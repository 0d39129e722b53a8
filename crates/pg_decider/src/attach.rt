//! The watches that the clauses begin with.

ghost use Rattle.std.specs.Prelude.{◌≡◌, ℕ, Bool, List, ◌+◌, ◌-◌, ◌*◌, ◌/◌, ◌^◌, ◌<◌, ◌≤◌, true, false, [], ◌∷◌, ◌++◌, length, take, vec_capacity, replicate};
ghost use Rattle.pg_region.specs.Literal.{Literal, same, negated};
ghost use Rattle.pg_region.specs.Region.{clause_at};
ghost use Rattle.pg_decider.specs.Assignment.{on, Forces, HasConflict};
ghost use Rattle.pg_decider.specs.Chains.{chain, with_chain, IsFree};
ghost use Rattle.pg_decider.specs.Reached.{AreWithin};
ghost use Rattle.pg_decider.specs.Watch.{place, Placed, Watching, Shape, Grown, Attaching};

use crate::trail::Trail;
use crate::watches::{Watches, add_forced, place_of};
use pg_region::{ClauseReader, Lit};

impl Watches {
    /// Gives each clause its two watches, with one look at each. False is the answer where a clause is all false.
    pub fn attach(&mut self, reader: &mut ClauseReader, trail: &mut Trail) -> bool
        requires over { AreWithin trail.old.atoms reader.old.clauses }
        requires lists { 2 * trail.old.atoms + 3 ≤ length self.old.chains.lists }
        requires slots { 2 * length reader.old.clauses ≤ self.old.chains.slots }
        requires room { 2 * length reader.old.clauses ≤ vec_capacity self.old.slots }
        requires few { 2 * length reader.old.clauses < 2 ^ 32 }
        ensures reader { (reader.new.clauses ≡ reader.old.clauses) × (reader.new.atoms ≡ reader.old.atoms) }
        ensures looks { reader.new.looks ≤ reader.old.looks + length reader.old.clauses }
        ensures room { (vec_capacity self.new.slots ≡ vec_capacity self.old.slots) × (length self.new.chains.lists ≡ length self.old.chains.lists) × (self.new.chains.slots ≡ self.old.chains.slots) }
        ensures grown { Grown reader.old.clauses trail.old trail.new }
        ensures shut { result ≡ false → HasConflict reader.old.clauses (on trail.new.literals) }
        ensures shape { result ≡ true → Shape reader.old.clauses self.new.slots.items self.new.chains trail.new }
        ensures placed { result ≡ true → Placed reader.old.clauses self.new.slots.items self.new.chains.lists 0 (length self.new.slots.items) }
        ensures empty { result ≡ true → chain self.new.chains.lists 0 ≡ [] }
        ensures watching { result ≡ true → Watching reader.old.clauses self.new.slots.items [] (on []) (on trail.new.literals) (length self.new.slots.items) }
    {
        self.slots.truncate(0);
        self.chains.clear();
        let count = reader.count();
        'clauses: for k in 0..count {
            if !self.attach_clause(reader, trail, k) {
                return false;
            }
        }
        true
    }

    /// Gives clause k, counted from 0, its two watches.
    fn attach_clause(&mut self, reader: &mut ClauseReader, trail: &mut Trail, k: u32) -> bool
        requires attaching { Attaching reader.old.clauses self.old.slots.items self.old.chains trail.old trail.old k }
        requires room { 2 * length reader.old.clauses ≤ vec_capacity self.old.slots }
        requires k { k < length reader.old.clauses }
        ensures reader { (reader.new.clauses ≡ reader.old.clauses) × (reader.new.atoms ≡ reader.old.atoms) }
        ensures looks { reader.new.looks ≤ reader.old.looks + 1 }
        ensures room { (vec_capacity self.new.slots ≡ vec_capacity self.old.slots) × (length self.new.chains.lists ≡ length self.old.chains.lists) × (self.new.chains.slots ≡ self.old.chains.slots) }
        ensures grown { Grown reader.old.clauses trail.old trail.new }
        ensures shut { result ≡ false → HasConflict reader.old.clauses (on trail.new.literals) }
        ensures attaching { result ≡ true → Attaching reader.old.clauses self.new.slots.items self.new.chains trail.new trail.new (k + 1) }
    {
        let clause = reader.clause(k + 1);
        if clause.is_empty() {
            return false;
        }
        let first = clause[0];
        let second = second_of(clause, first);
        self.attach_slot(first);
        self.attach_slot(second);
        if first.is(second) {
            return force(trail, first, k + 1);
        }
        true
    }

    /// Makes a slot for a literal.
    fn attach_slot(&mut self, literal: Lit)
        requires list { place literal < length self.old.chains.lists }
        requires free { IsFree self.old.chains (length self.old.slots.items) }
        requires room { length self.old.slots.items < vec_capacity self.old.slots }
        requires few { length self.old.slots.items < 2 ^ 32 }
        ensures slots { self.new.slots.items ≡ self.old.slots.items ++ literal ∷ [] }
        ensures room { vec_capacity self.new.slots ≡ vec_capacity self.old.slots }
        ensures chains { self.new.chains ≡ with_chain self.old.chains (place literal) (length self.old.slots.items ∷ chain self.old.chains.lists (place literal)) }
    {
        let slot = self.slots.len() as u32;
        self.chains.push(place_of(literal), slot);
        self.slots.push_reserved(literal);
    }
}

/// A literal of a clause, other than its first where it has one.
fn second_of(clause: &[Lit], first: Lit) -> Lit
    requires { on clause.now first ≡ true }
    ensures on { on clause.now result ≡ true }
    ensures one { result ≡ first → (m : Literal) → on clause.now m ≡ true → m ≡ first }
{
    for literal in clause {
        if !literal.is(first) {
            return *literal;
        }
    }
    first
}

/// Adds a literal that the clause with the number `reason` forces. False is the answer where it is false.
fn force(trail: &mut Trail, literal: Lit, reason: u32) -> bool
    requires { literal.atom ≤ trail.old.atoms }
    ensures grown { (cs : List (List Literal)) (k : ℕ) → k < length cs → reason ≡ k + 1 → Forces (on trail.old.literals) (clause_at cs k) literal → Grown cs trail.old trail.new }
    ensures added { result ≡ true → on trail.new.literals literal ≡ true }
    ensures shut { result ≡ false → on trail.new.literals (negated literal) ≡ true }
{
    if trail.is_true(literal) {
        return true;
    }
    add_forced(trail, literal, reason)
}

[Work instruction]
Would you please show every line of the material above that includes the string "Shape"?

[Task response]
ghost use Rattle.pg_decider.specs.Watch.{place, Placed, Watching, Shape, Grown, Attaching};
        ensures shape { result ≡ true → Shape reader.old.clauses self.new.slots.items self.new.chains trail.new }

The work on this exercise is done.